WORK TO COMPLETE =>
One line at a time, check the entries below for the word "witness", and copy each line that has it.

--- EXTRACTED MATERIAL Enclosed Below ---

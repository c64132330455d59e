//! The facts about the tokens so far.

ghost use Rattle.std.specs.Prelude.{◌≡◌, ◌∷◌, ◌&&◌, [], cond, not};
ghost use Rattle.std.specs.List.{list_any};
ghost use Rattle.gabc_text.specs.machine.TextFacts.{styles_after, early_at, after_piece, after_tag, facts_after};
ghost use Rattle.gabc_text.specs.Events.{option_list_of};
ghost use Rattle.gabc_text.specs.witness.FactsPast.{leaves_out};
ghost use Rattle.gabc_text.specs.witness.EventsLeft.{piece_by, codes_by};
ghost use Rattle.gabc_text.specs.TextFacts.{has_style, no_facts};
ghost use Rattle.gabc_text.specs.machine.TokenState.{keep, keep_first};
ghost use Rattle.gabc_text.specs.TagNames.{all_styles};
ghost use Rattle.gabc_text.specs.View.{piece_kind};

use crate::styles::Styles;
use crate::token::{TagEffect, TokenKind, is_blank_kind, single};
use crate::token_state::TokenState;
use crate::view::PieceKind;
use gabc_places::Code;

/// The facts about the tokens so far.
#[derive(Clone, Copy, PartialEq)]
pub struct TextFacts {
    /// The open styles.
    pub styles: Styles,
    /// There was a piece but span marks.
    pub word: bool,
    /// Of blanks and pieces, a blank was last.
    pub blank: bool,
    /// Of what is not left out, a blank was last.
    pub space: bool,
    /// There was a `{`, and a `}` after it.
    pub begun: bool,
    pub ended: bool,
    /// There was a translation.
    pub translated: bool,
    /// There was a blank before the first word.
    pub starts: bool,
}

#[inline(always)]
pub(crate) fn kind_of(kind: TokenKind, effect: TagEffect) -> Option<PieceKind>
    ensures { result ≡ piece_kind kind effect }
{
    match kind {
        TokenKind::Letter => Some(PieceKind::Char),
        TokenKind::Raw => Some(PieceKind::Raw),
        TokenKind::Tag => match effect {
            TagEffect::Mark => Some(PieceKind::Mark),
            TagEffect::Other => Some(PieceKind::Tag),
            _ => None,
        },
        _ => None,
    }
}

/// Returns the styles that are open after a tag with the effect `effect`, if `styles` are open
/// before it.
pub(crate) fn styles_after(styles: Styles, effect: TagEffect) -> Styles
    ensures { result ≡ styles_after styles effect }
{
    match effect {
        TagEffect::Opens(style) => styles.with(style, true),
        TagEffect::Closes(style) => styles.with(style, false),
        _ => styles,
    }
}

/// Returns whether a token is left out: a brace, comment or stray character that is not kept.
pub(crate) fn is_left_out(facts: TextFacts, kind: TokenKind) -> bool
    ensures { result ≡ leaves_out facts kind }
{
    match kind {
        TokenKind::Comment | TokenKind::Stray => true,
        TokenKind::Begin => facts.begun,
        TokenKind::End => !(facts.begun && !facts.ended),
        _ => false,
    }
}

/// Returns the kind of the piece for a token, if it is one.
#[inline(always)]
pub(crate) fn piece_at(facts: TextFacts, kind: TokenKind, effect: TagEffect) -> Option<PieceKind>
    ensures { result ≡ piece_by facts kind effect }
{
    match kind {
        TokenKind::Blank => {
            if facts.word && !facts.blank {
                Some(PieceKind::Blank)
            } else {
                None
            }
        }
        _ => kind_of(kind, effect),
    }
}

/// Returns the finding at the beginning of a second translation.
pub(crate) fn early_at(facts: TextFacts, state: TokenState, c: char) -> Option<Code>
    ensures { result ≡ early_at facts state c }
{
    match state {
        TokenState::Plain if c == '[' && facts.translated => Some(Code::W5),
        _ => None,
    }
}

/// Returns the finding at the end of a token, if any.
#[inline(always)]
pub(crate) fn code_at(facts: TextFacts, kind: TokenKind, effect: TagEffect) -> Option<Code>
    ensures { option_list_of result ≡ codes_by facts kind effect }
{
    match kind {
        TokenKind::Stray => Some(Code::E2),
        TokenKind::Begin => { if facts.begun { Some(Code::W4) } else { None } }
        TokenKind::End => {
            if facts.begun && !facts.ended {
                None
            } else {
                Some(Code::W4)
            }
        }
        TokenKind::Tag => match effect {
            TagEffect::Opens(style) => {
                if facts.styles.has(style) {
                    Some(Code::W3)
                } else {
                    None
                }
            }
            TagEffect::Closes(style) => {
                if facts.styles.has(style) {
                    None
                } else {
                    Some(Code::W3)
                }
            }
            TagEffect::Other => Some(Code::W6),
            _ => None,
        },
        _ => None,
    }
}

/// Returns the finding of a text that ends with open styles, if any is open.
pub(crate) fn style_code(styles: Styles) -> Option<Code>
    ensures { option_list_of result
        ≡ cond (list_any (has_style styles) all_styles) (Code.W3 ∷ []) [] }
{
    if styles.is_empty() {
        None
    } else {
        Some(Code::W3)
    }
}

/// Returns the finding of a text that ends with an open centre, if it is open.
pub(crate) fn centre_code(facts: TextFacts) -> Option<Code>
    ensures { option_list_of result ≡ cond (facts.begun && not facts.ended) (Code.W4 ∷ []) [] }
{
    if facts.begun && !facts.ended {
        Some(Code::W4)
    } else {
        None
    }
}

impl TextFacts {
    /// Updates the facts for a piece that is no blank and no span mark.
    #[inline(always)]
    fn pass_piece(&mut self)
        ensures { self.new ≡ after_piece self.old }
    {
        self.word = true;
        self.blank = false;
        self.space = false;
    }

    /// Updates the facts for a tag with the effect `effect`.
    fn pass_tag(&mut self, effect: TagEffect)
        ensures { self.new ≡ after_tag self.old effect }
    {
        match effect {
            TagEffect::Mark => {
                self.blank = false;
                self.space = false;
            }
            TagEffect::Other => self.pass_piece(),
            _ => {
                self.styles = styles_after(self.styles, effect);
                self.space = false;
            }
        }
    }

    /// Updates the facts for one more token.
    #[inline(always)]
    pub(crate) fn pass(&mut self, kind: TokenKind, effect: TagEffect)
        ensures { self.new ≡ facts_after self.old kind effect }
    {
        match kind {
            TokenKind::Blank => {
                self.starts = !self.word || self.starts;
                self.blank = true;
                self.space = true;
            }
            TokenKind::Letter | TokenKind::Raw => self.pass_piece(),
            TokenKind::Begin => {
                self.space = is_left_out(*self, kind) && self.space;
                self.begun = true;
            }
            TokenKind::End => {
                self.space = is_left_out(*self, kind) && self.space;
                self.ended = self.begun || self.ended;
            }
            TokenKind::Comment | TokenKind::Stray => {}
            TokenKind::Translation | TokenKind::OpenTranslation => {
                self.translated = true;
                self.space = false;
            }
            TokenKind::OpenTag => self.space = false,
            TokenKind::Tag => self.pass_tag(effect),
        }
    }
}

/// Returns the character that is kept of `c` between tokens, if any, if its kind is `kind`.
pub(crate) fn keep_first(facts: TextFacts, c: char, kind: TokenKind) -> Option<char>
    ensures { result ≡ keep_first facts c kind }
{
    if c == '%' || is_left_out(facts, kind) {
        None
    } else if is_blank_kind(kind) {
        if facts.space { None } else { Some(' ') }
    } else {
        Some(c)
    }
}

/// Returns the character that is kept of `c`, if any.
pub(crate) fn keep(facts: TextFacts, state: TokenState, c: char) -> Option<char>
    ensures { result ≡ keep facts state c }
{
    match state {
        TokenState::Plain => keep_first(facts, c, single(c)),
        TokenState::Comment => None,
        _ => Some(c),
    }
}

pub(crate) fn no_facts() -> TextFacts
    ensures { result ≡ no_facts }
{
    let styles = Styles {
        b: false,
        c: false,
        e: false,
        i: false,
        sc: false,
        tt: false,
        ul: false,
    };
    TextFacts {
        styles,
        word: false,
        blank: false,
        space: false,
        begun: false,
        ended: false,
        translated: false,
        starts: false,
    }
}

--- End of Enclosed EXTRACTED MATERIAL ---

SOLUTION TO THIS PROBLEM =>
ghost use Rattle.gabc_text.specs.witness.FactsPast.{leaves_out};
ghost use Rattle.gabc_text.specs.witness.EventsLeft.{piece_by, codes_by};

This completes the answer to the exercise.